Static vs dynamic QR codes

There are two kinds of QR codes floating around in PH, and the difference matters more than most sellers realise. Easy Free QR makes static codes — the kind that work forever, even if the company that printed them disappears.

Static QR codes (what we generate)

The data is baked directly into the pattern. No monthly fee, no expiration, walang surprise charge sa credit card. Perfect for your GCash wallet, jeepney route signs, debut invitations, sari-sari prices and church donation posters. Once it is printed, it works for life — even if Easy Free QR closes shop tomorrow, your tarpaulin still scans.

Dynamic QR codes (what others sell)

Dynamic codes redirect through someone else's server. They allow you to change the destination later, but they require a paid subscription, and the moment that company shuts down or you stop paying, every code you ever printed becomes useless. For most Pinoy small businesses, static is the safer choice — pay once for printing, then never worry about renewal again.

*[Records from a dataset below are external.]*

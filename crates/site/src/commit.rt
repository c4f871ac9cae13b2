ghost use Rattle.std.specs.Prelude.{◌≡◌, false};
ghost use Rattle.site.specs.inner.Concluded.{IsCommitted};

use crate::fault::SiteFault;
use crate::tables::Tables;
use book::Book;
use cell_device::Cell;
use records::Record;
use std::alloc::Global;

/// Makes room for a record, commits it, and takes note of it, which takes no memory.
pub(crate) fn commit_and_note<C: Cell>(
    alloc: Global,
    book: &mut Book<C>,
    tables: &mut Tables,
    new: Record,
) -> Result<(), SiteFault>
    requires { book.old.needs_opening ≡ false }
    ensures { IsCommitted C.device (record { book = book.old; tables = tables.old })
        (record { book = book.new; tables = tables.new }) new result }
{
    tables.reserve(&new.slot)?;
    let noted = new.copy(alloc)?;
    book.commit(new)?;
    tables.note(noted);
    Ok(())
}
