use fed_types::{BagId, SiteNo, Slot};

/// A datagram, and the member that it goes to.
#[derive(Debug, Drop)]
pub struct Outgoing {
    pub to: SiteNo,
    pub bytes: Vec<u8>,
}

/// What a site says of a call.
#[derive(Debug, Drop)]
pub enum Line {
    /// The bag is the site's deposit.
    Registered(BagId),
    /// The site has learned this bag for the slot, and has it on record.
    Known(Slot, BagId),
    /// What arrived is no message of the federation's protocol from a member: it isn't heard.
    Dropped,
}

/// What a call hands out: what the site says, if it says anything, and the datagrams to send, in
/// order.
#[derive(Debug, Drop)]
pub struct Answer {
    pub line: Option<Line>,
    pub sends: Vec<Outgoing>,
}

/// What a site replies to a query: a bag by its identity, or as a line names it.
#[derive(Clone, Copy, Debug, PartialEq, Eq)]
pub enum Reply<B = BagId> {
    /// This bag is known for the slot.
    Known(B),
    /// No bag is known; this one is the site's own deposit.
    Pending(B),
    /// No bag is known, and the site has no deposit.
    Nothing,
}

Frequently asked questions

Is Easy Free QR really 100% free?

Yes, completely and forever — also for commercial use. No signup, no trial period, no watermark, no "libre lang hanggang next week".

Does it work with GCash?

Yes. The cleanest way is to open your GCash app, tap "Show QR", screenshot or save the image, then take the GCash payment link or your QR Ph string and paste it into Easy Free QR as a URL or text type. The generated code will open your GCash wallet directly when a customer scans it with their banking or e-wallet app.

Will it work with Maya (formerly PayMaya)?

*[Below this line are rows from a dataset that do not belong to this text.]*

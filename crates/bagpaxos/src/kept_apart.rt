//! Outputs that are files which the command reads, or keeps.

use crate::arguments::Task;
use code_words::{SYNCED, push_name};
use json_lines::JsonLines;
use site_client::{Stop, write_stop};
use std::alloc::{AllocError, Global};
use std::io;
use system_files::{FileId, regular_file_at};

/// What the standard streams are.
const INPUT: &str = "/proc/self/fd/0";

const OUTPUT: &str = "/proc/self/fd/1";

const ERRORS: &str = "/proc/self/fd/2";

/// Whether standard output or standard error is a file that the command reads or keeps, into which
/// each line would go. The other of the two says so; where both are, nobody is told. A site looks
/// after its cell by itself.
pub(crate) fn refuses_outputs(rt: &HostRuntime, task: &Task<'_>) -> Result<bool, AllocError> {
    let output = file_at(rt, OUTPUT);
    let errors = file_at(rt, ERRORS);
    if output.is_none() && errors.is_none() {
        return Ok(false);
    }
    let (mut is_output, mut is_errors) = (None, false);
    let paths = paths_of(rt.alloc(), task)?;
    for path in &paths {
        if let Some(file) = file_at(rt, path.as_str()) {
            if Some(file) == output {
                is_output = Some(path.as_str());
            }
            is_errors = is_errors || Some(file) == errors;
        }
    }
    match is_output {
        Some(path) if !is_errors => say_output(rt, path)?,
        None if is_errors => {
            let output = &mut JsonLines::new(rt.alloc(), wants_json(task), io::writer(rt));
            let _ = write_stop(rt.alloc(), output, Stop::SameFile);
        }
        _ => {}
    }
    Ok(is_output.is_some() || is_errors)
}

// Whether lines of JSON are asked for.
fn wants_json(task: &Task<'_>) -> bool {
    match task {
        Task::Check(check) => check.json,
        Task::Audit(audit) => audit.json,
        Task::CatchUp(catch_up) => catch_up.json,
        Task::Members(members) => members.json,
        Task::Status(status) => status.json,
        Task::Journal(journal) => journal.json,
        Task::Ledger(ledger) => ledger.json,
        Task::Run(_) | Task::Site(_) | Task::Send(_) | Task::Deposits(_) => false,
    }
}

// The regular file to which a path leads, if one does.
fn file_at(rt: &HostRuntime, path: &str) -> Option<FileId> {
    match regular_file_at(rt, path) {
        Ok(file) => file,
        Err(_) => None,
    }
}

fn say_output(rt: &HostRuntime, path: &str) -> Result<(), AllocError> {
    let mut text = String::from_str(rt.alloc(), "bagpaxos: standard output is ")?;
    if path == INPUT {
        text.push_str("the file that is standard input, too")?;
    } else {
        text.push_str("the file ")?;
        push_name(&mut text, path)?;
        text.push_str(", which this command needs")?;
    }
    text.push_str(": send it elsewhere")?;
    let _ = rt.eprintln(text.as_str());
    Ok(())
}

// The files that a command reads or keeps, besides folders.
fn paths_of(alloc: Global, task: &Task<'_>) -> Result<Vec<String>, AllocError> {
    let mut paths = Paths {
        alloc,
        list: Vec::new(alloc),
    };
    match task {
        Task::Run(run) => {
            paths.push(run.file.unwrap_or(INPUT))?;
            paths.push_some(run.drawing)?;
        }
        Task::Check(check) => {
            if let Some(list) = &check.list {
                paths.push(list.path)?;
            }
            paths.push_some(check.registered)?;
        }
        Task::Site(site) => {
            paths.push_federation(site.members, site.key)?;
            paths.push_some(site.log)?;
            paths.push_beside(site.cell)?;
        }
        Task::Send(send) => paths.push_federation(send.members, send.key)?,
        Task::Deposits(deposits) => {
            paths.push_federation(deposits.members, deposits.key)?;
            paths.push(deposits.file)?;
        }
        Task::Audit(audit) => {
            paths.push(audit.members)?;
            paths.push_all(&audit.cells)?;
        }
        Task::CatchUp(catch_up) => {
            paths.push_federation(catch_up.members, catch_up.key)?;
            paths.push_all(&catch_up.files)?;
        }
        Task::Members(members) => {
            paths.push_some(members.file)?;
            paths.push_some(members.key)?;
        }
        Task::Status(status) => {
            paths.push_federation(status.members, status.key)?;
            paths.push_all(&status.files)?;
        }
        Task::Journal(journal) => paths.push(journal.cell)?,
        Task::Ledger(ledger) => paths.push(ledger.cell)?,
    }
    Ok(paths.list)
}

/// Paths of files.
#[derive(Drop)]
struct Paths {
    alloc: Global,
    list: Vec<String>,
}

impl Paths {
    // `-` is standard input.
    fn push(&mut self, path: &str) -> Result<(), AllocError> {
        let path = if path == "-" { INPUT } else { path };
        self.list.push(String::from_str(self.alloc, path)?)?;
        Ok(())
    }

    fn push_some(&mut self, path: Option<&str>) -> Result<(), AllocError> {
        match path {
            Some(path) => self.push(path),
            None => Ok(()),
        }
    }

    fn push_all(&mut self, paths: &[&str]) -> Result<(), AllocError> {
        for path in paths {
            self.push(path)?;
        }
        Ok(())
    }

    fn push_federation(&mut self, members: &str, key: Option<&str>) -> Result<(), AllocError> {
        self.push(members)?;
        self.push_some(key)
    }

    // The file in which a site says how much of its cell is synced.
    fn push_beside(&mut self, cell: &str) -> Result<(), AllocError> {
        self.list.push(format!(in self.alloc; "{cell}{SYNCED}")?)?;
        Ok(())
    }
}
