//! What a person is told who sees a bare code, or nothing.

use outcomes::ProgramFault;
use std::fs;
use std::io::IsTerminal;
use std::os::unix::fs::FileTypeExt;

/// Where standard output is.
const OUTPUT: &str = "/proc/self/fd/1";

/// The answer of a command. Where it isn't 0, wasn't said in words, and standard error is a
/// terminal, that says how to have it in words. A script sees no more than before. Where a file
/// can't take what is printed, standard error says that.
pub(crate) fn hinted(
    rt: &HostRuntime,
    words: bool,
    answer: Result<u8, ProgramFault>,
) -> Result<u8, ProgramFault> {
    match &answer {
        Ok(status) if *status != 0 && !words && rt.stderr().is_terminal() => {
            let _ = rt.eprintln("--words says why");
        }
        Ok(_) => {}
        Err(_) => say_unwritten(rt, words || rt.stderr().is_terminal()),
    }
    answer
}

// Says that a file couldn't be written to; and, where a person may read it, that standard output is
// closed, or a device that takes nothing. Who reads a pipe may close it at will, so of that nothing
// is said.
fn say_unwritten(rt: &HostRuntime, is_told: bool) {
    match fs::metadata(rt, OUTPUT) {
        Ok(found) if found.is_file() => {
            let _ = rt.eprintln("standard output can't be written; is the disk full?");
        }
        Ok(found) if is_told && found.file_type().is_char_device() => {
            let _ = rt.eprintln("standard output can't be written: its device takes nothing");
        }
        Err(_) if is_told => {
            let _ = rt.eprintln("standard output is closed, so nothing can be written there");
        }
        _ => {}
    }
}
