//! What is said of a mistake in the arguments, and the usage in a command's help.

use crate::number_words::NUMBERS;
use crate::usage::{ANY, Usage};
use std::alloc::{AllocError, Global};

/// What clap writes before a command's usage.
const BEFORE_USAGE: &str = "\n\nUsage: ";

/// What it writes at the end of a mistake that has no usage.
const BEFORE_END: &str = "\n\nFor more information";

/// What is said of a mistake of which clap says this, with the usage of the command, if one is
/// named: first what is wrong, then what one types.
pub(crate) fn mistake_text(
    alloc: Global,
    said: &str,
    usage: Option<&Usage>,
) -> Result<String, AllocError> {
    let mut text = String::new(alloc);
    push_wrong(
        &mut text,
        before(before(said, BEFORE_USAGE), BEFORE_END),
        usage,
    )?;
    text.push_str(BEFORE_USAGE)?;
    match usage {
        Some(usage) => {
            let forms = usage.forms;
            let command = usage.command;
            write!(
                text,
                "{forms}\n\nFor more information, try 'bagpaxos {command} --help'.\n"
            )?;
        }
        None => {
            text.push_str(ANY)?;
            text.push_str("\n\nFor more information, try 'bagpaxos help'.\n")?;
        }
    }
    Ok(text)
}

/// The help of a command, of which clap says this, with the usage as one types it.
pub(crate) fn help_text(alloc: Global, said: &str, usage: &Usage) -> Result<String, AllocError> {
    let mut text = String::new(alloc);
    match parts(said, BEFORE_USAGE) {
        Some((about, rest)) => {
            text.push_str(about)?;
            text.push_str(BEFORE_USAGE)?;
            text.push_str(usage.forms)?;
            text.push_str(after_usage(rest))?;
        }
        None => text.push_str(said)?,
    }
    Ok(text)
}

// What follows the usage, from the end of its line on.
fn after_usage(rest: &str) -> &str {
    match parts(rest, "\n\n") {
        Some((usage, _)) => rest.get(usage.len()..).unwrap_or(""),
        None => "\n",
    }
}

fn parts<'a>(text: &'a str, between: &str) -> Option<(&'a str, &'a str)> {
    text.split_once(between)
}

fn before<'a>(text: &'a str, end: &str) -> &'a str {
    match parts(text, end) {
        Some((front, _)) => front,
        None => text,
    }
}

// Appends what is wrong: of a number that isn't one, which numbers there are.
fn push_wrong(text: &mut String, wrong: &str, usage: Option<&Usage>) -> Result<(), AllocError> {
    for number in NUMBERS.iter() {
        if let Some((value, _)) = parts(wrong, number.after) {
            text.push_str(value)?;
            text.push_str(number.after)?;
            return text.push_str(number.words);
        }
    }
    push_lines(text, wrong, usage)
}

// Appends the lines of a message. Where one of several arguments is enough, all are named; commands
// are named in the usage.
fn push_lines(text: &mut String, wrong: &str, usage: Option<&Usage>) -> Result<(), AllocError> {
    let mut is_first = true;
    for line in wrong.split('\n') {
        if line.starts_with("  [subcommands: ") {
            continue;
        }
        if !is_first {
            text.push('\n')?;
        }
        is_first = false;
        match usage {
            Some(usage) if !line.is_empty() && line == usage.missing => {
                text.push_str(usage.choices)?;
            }
            _ => text.push_str(line)?,
        }
    }
    Ok(())
}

Yes. Maya and GCash both follow the BSP's QR Ph standard, so the QR string you copy from your Maya merchant profile can be encoded with Easy Free QR. The resulting code will be readable by any QR Ph-enabled wallet, including Maya, GCash, GoTyme and most major bank apps.

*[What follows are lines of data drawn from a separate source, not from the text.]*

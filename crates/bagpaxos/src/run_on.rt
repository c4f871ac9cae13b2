//! One run of the program on the bytes of a schedule.

ghost use Rattle.std.specs.Prelude.{◌≡◌, IfOk, IfSome, IsErrOf, string_bytes};
ghost use Rattle.std.specs.Io.KnownBytes.{Keeps};
ghost use Rattle.outcomes.specs.Outcomes.{Writes, WritesPrefix};
ghost use Rattle.bagpaxos.specs.Runs.{outcome_of, AnswersTo};

use lines::Options;
use outcomes::{ProgramFault, ProgramOutput, ReadFault, read_all, write_output};
use schedule::{ParseFault, parse};
use simulator::{RunFault, run, text};
use std::alloc::{AllocError, Global};
use std::io::{Read, Write};

/// Reads a schedule, runs it, and writes what the run says. The exit status is 0, or 1 if the text
/// is no schedule: then its line `schedule line N` is written alone. If memory runs out, the line
/// `memory` is written alone, and the status is 1.
pub fn run_on<R: Read, W: Write>(
    alloc: Global,
    input: &mut R,
    output: &mut W,
    options: Options,
) -> Result<u8, ProgramFault>
    ensures ok { IfOk result (λ status. IfSome (R.remaining input.old) (λ bytes.
        AnswersTo options bytes
        (Writes (W.contents output.old) (W.contents output.new) status))) }
    ensures input { IsErrOf result ProgramFault.Input
        → Keeps (W.contents output.old) (W.contents output.new) }
    ensures output { IsErrOf result ProgramFault.Output
        → IfSome (R.remaining input.old) (λ bytes. AnswersTo options bytes
        (WritesPrefix (W.contents output.old) (W.contents output.new))) }
{
    let bytes = match read_all(alloc, input) {
        Ok(bytes) => bytes,
        Err(ReadFault::Input) => return Err(ProgramFault::Input),
        Err(ReadFault::Memory) => return write_output(output, 1, "memory\n"),
    };
    match answer_to(alloc, bytes.as_slice(), options) {
        Ok(answer) => write_output(output, answer.status, answer.text.as_str()),
        Err(AllocError) => write_output(output, 1, "memory\n"),
    }
}

/// The status and the text for the bytes of a schedule.
#[tactic(auto, unfolding(crate::specs::Runs::outcome_of))]
fn answer_to(alloc: Global, bytes: &[u8], options: Options) -> Result<ProgramOutput, AllocError>
    ensures status { IfOk result
        (λ a. a.status ≡ (outcome_of options bytes.now).status) }
    ensures text { IfOk result
        (λ a. string_bytes a.text ≡ (outcome_of options bytes.now).text) }
{
    match parse(alloc, bytes) {
        Ok(schedule) => {
            let trace = match run(alloc, &schedule) {
                Ok(trace) => trace,
                Err(RunFault::Memory) => return Err(AllocError),
            };
            Ok(ProgramOutput {
                status: 0,
                text: text(alloc, &trace, options)?,
            })
        }
        Err(ParseFault::Line(line)) => Ok(ProgramOutput {
            status: 1,
            text: format!(in alloc; "schedule line {line}\n")?,
        }),
        Err(ParseFault::Memory) => Err(AllocError),
    }
}
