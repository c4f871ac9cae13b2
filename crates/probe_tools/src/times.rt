//! Calls of a site to be timed, on this many slots. For each slot in turn the site proposes, and
//! takes in what a round of Paxos brings it.

use crate::calls::{FEDERATION, datagrams, deposit_all, propose_all, slots, take_all};
use crate::fault::ToolFault;
use crate::kind::Kind;
use crate::place::empty_cell;
use crate::tree::tree;
use cell_device::MemoryCell;
use fed_types::{Members, SiteNo, Slot};
use records::Owner;
use site::Site;
use std::alloc::Global;
use std::time::Instant;

/// Thousands of calls a second, with 3, 15 and 63 members, a kind of call a line; and the seconds
/// in which a site with these records is opened.
pub fn arrivals_text(rt: &HostRuntime, count: u32) -> Result<String, ToolFault> {
    let mut text = String::new(rt.alloc());
    match push_rounds(rt, count, &mut text) {
        Ok(()) => Ok(text),
        Err(fault) => Err(fault),
    }
}

fn push_rounds(rt: &HostRuntime, count: u32, text: &mut String) -> Result<(), ToolFault> {
    for members in [3u8, 15, 63] {
        push_round(rt, count, members, text)?;
    }
    Ok(())
}

/// Appends the lines for this many members.
fn push_round(
    rt: &HostRuntime,
    count: u32,
    members: u8,
    text: &mut String,
) -> Result<(), ToolFault> {
    write!(text, "of {members} members\n")?;
    let owner = Owner {
        members: Members::new(FEDERATION, members)?,
        site: SiteNo::new(1)?,
    };
    match Site::open(rt.alloc(), empty_cell(rt.alloc()), owner) {
        Ok(site) => time_site(rt, site, count, text),
        Err((cell, _)) => refuse(cell, ToolFault::Wrong),
    }
}

fn refuse(cell: MemoryCell, fault: ToolFault) -> Result<(), ToolFault> {
    drop(cell);
    Err(fault)
}

/// Appends the lines of a new site, and the time in which it is opened again.
fn time_site(
    rt: &HostRuntime,
    site: Site<MemoryCell>,
    count: u32,
    text: &mut String,
) -> Result<(), ToolFault> {
    let mut site = site;
    let timed = time_calls(rt, &mut site, count, text);
    let records = site.records().len();
    let owner = Owner {
        members: site.members(),
        site: site.number(),
    };
    let cell = site.close();
    match timed {
        Ok(()) => push_opening(text, records, opening(rt, cell, owner)),
        Err(fault) => refuse(cell, fault),
    }
}

fn push_opening(
    text: &mut String,
    records: usize,
    seconds: Result<f64, ToolFault>,
) -> Result<(), ToolFault> {
    let seconds = seconds?;
    Ok(write!(text, "open {records} records: {seconds:.2} s\n")?)
}

/// The seconds in which a site is opened.
fn opening(rt: &HostRuntime, cell: MemoryCell, owner: Owner) -> Result<f64, ToolFault> {
    let start = now(rt);
    let is_opened = is_opened(rt.alloc(), cell, owner);
    seconds_since(rt, start, is_opened)
}

fn is_opened(alloc: Global, cell: MemoryCell, owner: Owner) -> bool {
    match Site::open(alloc, cell, owner) {
        Ok(site) => {
            drop(site);
            true
        }
        Err((cell, _)) => {
            drop(cell);
            false
        }
    }
}

/// Appends the lines of the calls.
fn time_calls(
    rt: &HostRuntime,
    site: &mut Site<MemoryCell>,
    count: u32,
    text: &mut String,
) -> Result<(), ToolFault> {
    let slots = slots(rt.alloc(), count)?;
    let deposits = deposit_time(rt, site, slots.as_slice());
    let proposals = proposal_time(rt, site, slots.as_slice());
    drop(slots);
    push_rate(text, "deposit", count, deposits)?;
    push_rate(text, "propose", count, proposals)?;
    for kind in Kind::all() {
        let datagrams = datagrams(rt.alloc(), count, kind)?;
        let arrivals = arrival_time(rt, site, datagrams.as_slice());
        drop(datagrams);
        push_rate(text, kind.name(), count, arrivals)?;
    }
    Ok(())
}

fn deposit_time(
    rt: &HostRuntime,
    site: &mut Site<MemoryCell>,
    slots: &[Slot],
) -> Result<f64, ToolFault> {
    let facts = tree(rt.alloc(), true, "".as_bytes())?;
    let start = now(rt);
    let is_done = deposit_all(site, slots, &facts);
    let seconds = seconds_since(rt, start, is_done);
    drop(facts);
    seconds
}

fn proposal_time(
    rt: &HostRuntime,
    site: &mut Site<MemoryCell>,
    slots: &[Slot],
) -> Result<f64, ToolFault> {
    let start = now(rt);
    let is_done = propose_all(site, slots);
    seconds_since(rt, start, is_done)
}

fn arrival_time(
    rt: &HostRuntime,
    site: &mut Site<MemoryCell>,
    datagrams: &[Vec<u8>],
) -> Result<f64, ToolFault> {
    let start = now(rt);
    let is_done = take_all(site, datagrams);
    seconds_since(rt, start, is_done)
}

/// Appends the line of a kind of call: thousands a second.
fn push_rate(
    text: &mut String,
    call: &str,
    count: u32,
    seconds: Result<f64, ToolFault>,
) -> Result<(), ToolFault> {
    let rate = f64::from(count) / seconds? / 1000.0;
    Ok(write!(text, "{call}: {rate:.0}\n")?)
}

fn now(rt: &HostRuntime) -> Result<Instant, ToolFault> {
    Ok(Instant::now(rt)?)
}

/// The seconds since then, where all calls were answered.
fn seconds_since(
    rt: &HostRuntime,
    start: Result<Instant, ToolFault>,
    is_done: bool,
) -> Result<f64, ToolFault> {
    if is_done {
        Ok(start?.elapsed(rt)?.as_secs_f64())
    } else {
        Err(ToolFault::Wrong)
    }
}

Can I use it for jeepney or tricycle payments?

Yes. Many modernised jeepney operators and tricycle drivers print their personal GCash or Maya QR codes and paste them inside the unit. Easy Free QR lets you generate a clean, high-resolution version with your route name or plate number as a label, which is harder for passengers to confuse with a fake taped over the original.

Can I make a QR code for a debut or wedding invitation?

Definitely. Couples and debutantes use Easy Free QR to embed a Google Form RSVP, a Waze or Google Maps link to the church and reception, a gallery of prenup photos, or even a gcash gift link in lieu of a physical envelope. One QR code on the invite handles all of them — no need to print four separate cards.

Do you track my links?

No. Your QR code contains exactly the data you enter. We don't redirect anything through our servers, and we don't see your customers' scans. What you encode is what gets printed.

Does the QR code expire?

No, never. Easy Free QR creates static QR codes — the content is encoded directly in the image. Your sari-sari poster, debut invitation or jeepney sticker will keep working long after you have stopped thinking about us.

Will it still scan if my customer is offline?

The decoding itself works offline, since the data is inside the pattern. If you encode a phone number, vCard or plain text, your customer needs no signal at all. If you encode a URL or your GCash payment page, they need a connection only to load the destination — useful to know in areas where Globe or Smart drops out.

Can I add my logo or sari-sari store name?

Yes. You can drop a logo, your shop name, or your tindahan emblem in the centre of the code, and pick brand colours to match. The built-in error correction keeps the code scannable even with a logo covering up to about 30 percent of the surface.

Pwede ba gamitin para sa business at commercial use?

Oo naman. Whether you are running a milk tea stall in Cubao, a Shopee reseller page from Davao, or a printing shop in Quiapo, every QR code you generate is yours to use commercially with no royalty and no licensing fee. Print it on tarps, packaging, billboards or your delivery rider's uniform.